Analysis of segmental kinetic energy in cricket bowling

Abstract

Fast bowling in cricket is an athletic motion requiring the coordination of multiple body segments in order to release a ball at high speed. The application of the kinetic link principle to bowling proposes that the optimal coordination of movement actuation follows a proximal to distal sequence, allowing the systematic and progressive transfer of angular momentum from the larger, heavier body segments to the smaller distal segments. An analysis of segmental kinetic energy potentially provides information on the order of segmental sequencing and the effectiveness of energy transfer between the segments throughout the kinetic link chain. However, there has been no calculation of segmental kinetic energy in cricket fast bowling.
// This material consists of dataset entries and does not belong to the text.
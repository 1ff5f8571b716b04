//! What the values of members say: texts, numbers, vectors, spans and requests.

pub(crate) mod full_vector;
pub(crate) mod members;
pub(crate) mod request;
pub(crate) mod span_forms;
pub(crate) mod spans;
pub(crate) mod sparse_vector;
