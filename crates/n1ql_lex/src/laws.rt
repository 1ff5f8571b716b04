//! What holds of the tokens of every text.

ghost use Rattle.std.specs.Prelude.{◌≡◌, ℕ, ◌⊎◌, List, length};
ghost use Rattle.n1ql_lex.specs.declared.token.Token.{Token};
ghost use Rattle.n1ql_lex.specs.Spans.{BlanksBetween, SpansGrow};
ghost use Rattle.n1ql_lex.specs.Tokens.{IsFault, IsTokens};

/// A text has at most one list of tokens.
pub fn one_token_list()
    ensures { (text : List ℕ) (tokens others : List Token) →
        IsTokens text tokens → IsTokens text others → tokens ≡ others }
{}

/// A text has at most one place of a fault.
pub fn one_fault()
    ensures { (text : List ℕ) (at other : ℕ) → IsFault text at → IsFault text other → at ≡ other }
{}

/// A text has tokens or a fault, and never both.
pub fn tokens_or_fault()
    ensures either { (text : List ℕ) → ((tokens : List Token) × IsTokens text tokens) ⊎ ((at : ℕ) × IsFault text at) }
    ensures never_both { (text : List ℕ) (tokens : List Token) (at : ℕ) → IsTokens text tokens → IsFault text at → ⊥ }
{}

/// The spans of tokens grow, and nothing but blanks stands between them.
pub fn spans_grow()
    ensures grow { (text : List ℕ) (tokens : List Token) → IsTokens text tokens → SpansGrow 0 tokens (length text) }
    ensures blanks { (text : List ℕ) (tokens : List Token) →
        IsTokens text tokens → BlanksBetween text 0 tokens (length text) }
{}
In this study, 34 fast bowlers (22.2±3.9 years) of premier grade level and above were tested using a three-dimensional motion analysis system (240Hz). Based on the range of measured balls (27.0 m s-1 to 35.6 m s-1), the sample was divided into four speed group categories: slow-medium, medium, medium-fast and fast. With exception of the fast group relative to medium-fast group, each faster group tended to have higher segmental kinetic energies. Although there were no clearly discernible sequencing differences between bowling speed groups, the temporal occurrences of peak segment kinetic energies showed that bowlers exhibited a general order of proximal to distal sequencing with the larger heavier proximal segments having the highest energy and activated first. In general, there is an approximate proximal to distal sequence in cricket bowling, which indicates that bowlers of varying speed levels first produce high kinetic energies in their trunk segments before circumducting the bowling arm during the acceleration phase.